Data section start
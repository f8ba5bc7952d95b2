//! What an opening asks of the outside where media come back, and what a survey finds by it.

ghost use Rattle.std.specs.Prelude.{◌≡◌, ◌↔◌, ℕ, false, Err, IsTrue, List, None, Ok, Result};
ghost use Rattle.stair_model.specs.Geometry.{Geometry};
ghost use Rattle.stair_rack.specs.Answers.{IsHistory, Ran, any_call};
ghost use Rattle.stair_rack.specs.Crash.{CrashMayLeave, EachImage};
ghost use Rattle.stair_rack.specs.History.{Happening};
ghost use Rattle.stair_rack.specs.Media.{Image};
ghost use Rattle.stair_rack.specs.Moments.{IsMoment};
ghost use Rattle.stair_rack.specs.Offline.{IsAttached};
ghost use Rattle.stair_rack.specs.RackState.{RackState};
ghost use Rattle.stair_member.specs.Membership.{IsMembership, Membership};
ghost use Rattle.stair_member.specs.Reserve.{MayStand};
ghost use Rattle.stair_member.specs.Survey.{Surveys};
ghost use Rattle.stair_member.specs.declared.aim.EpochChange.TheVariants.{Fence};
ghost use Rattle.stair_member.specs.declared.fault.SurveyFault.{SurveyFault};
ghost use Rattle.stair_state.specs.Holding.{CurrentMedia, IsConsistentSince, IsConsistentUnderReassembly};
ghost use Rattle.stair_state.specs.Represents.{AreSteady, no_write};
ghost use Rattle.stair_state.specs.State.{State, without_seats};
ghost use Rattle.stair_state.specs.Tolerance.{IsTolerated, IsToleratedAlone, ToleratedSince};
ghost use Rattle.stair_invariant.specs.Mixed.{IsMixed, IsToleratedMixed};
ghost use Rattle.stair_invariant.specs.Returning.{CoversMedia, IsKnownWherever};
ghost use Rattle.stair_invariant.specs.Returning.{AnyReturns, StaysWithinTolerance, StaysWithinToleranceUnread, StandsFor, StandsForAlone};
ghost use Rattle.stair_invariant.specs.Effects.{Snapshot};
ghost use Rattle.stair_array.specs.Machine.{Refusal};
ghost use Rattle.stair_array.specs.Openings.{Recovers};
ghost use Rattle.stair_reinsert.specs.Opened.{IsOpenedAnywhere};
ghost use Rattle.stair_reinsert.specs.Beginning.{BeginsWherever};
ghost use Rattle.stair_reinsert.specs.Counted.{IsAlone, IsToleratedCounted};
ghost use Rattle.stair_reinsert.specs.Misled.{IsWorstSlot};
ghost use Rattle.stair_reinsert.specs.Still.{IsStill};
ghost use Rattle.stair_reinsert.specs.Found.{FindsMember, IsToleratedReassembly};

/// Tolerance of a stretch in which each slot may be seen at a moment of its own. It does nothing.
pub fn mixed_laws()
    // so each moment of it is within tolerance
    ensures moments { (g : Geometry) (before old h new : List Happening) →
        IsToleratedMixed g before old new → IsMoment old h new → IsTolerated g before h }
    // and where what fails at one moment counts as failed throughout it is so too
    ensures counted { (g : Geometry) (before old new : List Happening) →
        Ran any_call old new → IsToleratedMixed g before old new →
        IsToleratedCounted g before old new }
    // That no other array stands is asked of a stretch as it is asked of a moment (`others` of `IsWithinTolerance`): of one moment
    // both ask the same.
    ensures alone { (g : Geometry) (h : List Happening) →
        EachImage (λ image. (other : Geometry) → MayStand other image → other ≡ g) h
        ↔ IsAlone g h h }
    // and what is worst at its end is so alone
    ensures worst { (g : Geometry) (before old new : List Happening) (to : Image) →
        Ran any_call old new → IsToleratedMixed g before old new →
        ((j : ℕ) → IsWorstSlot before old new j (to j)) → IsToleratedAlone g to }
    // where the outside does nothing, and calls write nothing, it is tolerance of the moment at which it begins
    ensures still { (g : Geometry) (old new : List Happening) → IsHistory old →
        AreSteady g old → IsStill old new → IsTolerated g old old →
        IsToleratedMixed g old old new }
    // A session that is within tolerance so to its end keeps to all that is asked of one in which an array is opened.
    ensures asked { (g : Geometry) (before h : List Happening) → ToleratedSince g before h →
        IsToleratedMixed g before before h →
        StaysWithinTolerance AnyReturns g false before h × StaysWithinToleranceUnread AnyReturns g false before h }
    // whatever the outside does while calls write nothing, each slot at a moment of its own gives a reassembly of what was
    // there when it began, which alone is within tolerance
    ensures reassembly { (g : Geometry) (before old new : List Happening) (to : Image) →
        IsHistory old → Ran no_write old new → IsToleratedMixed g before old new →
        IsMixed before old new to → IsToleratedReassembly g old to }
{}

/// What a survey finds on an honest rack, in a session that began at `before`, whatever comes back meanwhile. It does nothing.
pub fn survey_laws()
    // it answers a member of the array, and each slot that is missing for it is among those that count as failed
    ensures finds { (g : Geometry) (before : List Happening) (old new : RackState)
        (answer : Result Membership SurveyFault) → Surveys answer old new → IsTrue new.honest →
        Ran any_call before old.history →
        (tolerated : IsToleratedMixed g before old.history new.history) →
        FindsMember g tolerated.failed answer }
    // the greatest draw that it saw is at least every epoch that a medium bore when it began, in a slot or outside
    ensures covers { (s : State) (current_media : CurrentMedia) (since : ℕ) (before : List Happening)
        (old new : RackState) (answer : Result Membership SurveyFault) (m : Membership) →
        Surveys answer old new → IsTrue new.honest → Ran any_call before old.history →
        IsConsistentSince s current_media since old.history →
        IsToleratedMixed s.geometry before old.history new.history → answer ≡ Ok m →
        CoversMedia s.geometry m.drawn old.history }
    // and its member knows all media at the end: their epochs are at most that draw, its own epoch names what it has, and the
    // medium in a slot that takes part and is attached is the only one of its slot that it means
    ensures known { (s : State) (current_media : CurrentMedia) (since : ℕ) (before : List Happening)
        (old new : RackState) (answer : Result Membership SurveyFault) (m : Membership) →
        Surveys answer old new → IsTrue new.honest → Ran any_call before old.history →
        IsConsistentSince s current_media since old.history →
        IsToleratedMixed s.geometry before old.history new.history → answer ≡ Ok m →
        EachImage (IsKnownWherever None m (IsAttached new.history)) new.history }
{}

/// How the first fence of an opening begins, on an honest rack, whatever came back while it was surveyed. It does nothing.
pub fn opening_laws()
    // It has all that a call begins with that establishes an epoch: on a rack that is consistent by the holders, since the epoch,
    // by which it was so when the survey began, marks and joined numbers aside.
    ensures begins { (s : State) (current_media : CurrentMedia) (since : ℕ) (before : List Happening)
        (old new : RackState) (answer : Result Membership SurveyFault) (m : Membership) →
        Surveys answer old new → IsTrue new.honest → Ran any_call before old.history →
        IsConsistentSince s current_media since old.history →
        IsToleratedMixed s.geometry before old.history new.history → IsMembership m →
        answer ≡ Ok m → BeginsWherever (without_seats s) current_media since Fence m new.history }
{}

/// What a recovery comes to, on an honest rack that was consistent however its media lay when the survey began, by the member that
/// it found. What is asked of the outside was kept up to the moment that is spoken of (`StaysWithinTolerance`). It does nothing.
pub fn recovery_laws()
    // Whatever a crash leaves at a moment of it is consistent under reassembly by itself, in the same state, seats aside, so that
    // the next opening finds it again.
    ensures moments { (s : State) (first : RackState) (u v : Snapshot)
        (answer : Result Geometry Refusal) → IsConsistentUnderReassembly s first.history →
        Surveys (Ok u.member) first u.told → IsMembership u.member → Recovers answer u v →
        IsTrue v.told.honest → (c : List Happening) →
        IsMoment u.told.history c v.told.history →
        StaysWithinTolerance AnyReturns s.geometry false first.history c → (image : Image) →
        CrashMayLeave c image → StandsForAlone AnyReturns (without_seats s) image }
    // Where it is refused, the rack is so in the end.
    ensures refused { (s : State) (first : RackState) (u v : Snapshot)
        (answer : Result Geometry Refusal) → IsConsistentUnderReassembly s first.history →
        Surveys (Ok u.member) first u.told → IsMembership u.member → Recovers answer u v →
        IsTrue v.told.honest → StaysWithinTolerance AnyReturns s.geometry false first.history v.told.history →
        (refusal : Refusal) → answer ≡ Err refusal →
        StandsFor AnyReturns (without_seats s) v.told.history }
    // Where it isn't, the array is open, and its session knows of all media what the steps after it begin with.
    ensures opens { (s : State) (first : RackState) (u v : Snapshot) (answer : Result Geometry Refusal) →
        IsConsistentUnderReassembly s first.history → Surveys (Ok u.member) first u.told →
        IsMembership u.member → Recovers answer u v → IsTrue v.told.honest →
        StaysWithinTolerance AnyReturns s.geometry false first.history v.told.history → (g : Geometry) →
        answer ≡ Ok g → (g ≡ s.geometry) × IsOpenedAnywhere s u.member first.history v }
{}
Data section end
About this task.
Your answer should hold every line of the entries that contains the string "failed".

Solution for this problem.
    // and where what fails at one moment counts as failed throughout it is so too
    // it answers a member of the array, and each slot that is missing for it is among those that count as failed
        FindsMember g tolerated.failed answer }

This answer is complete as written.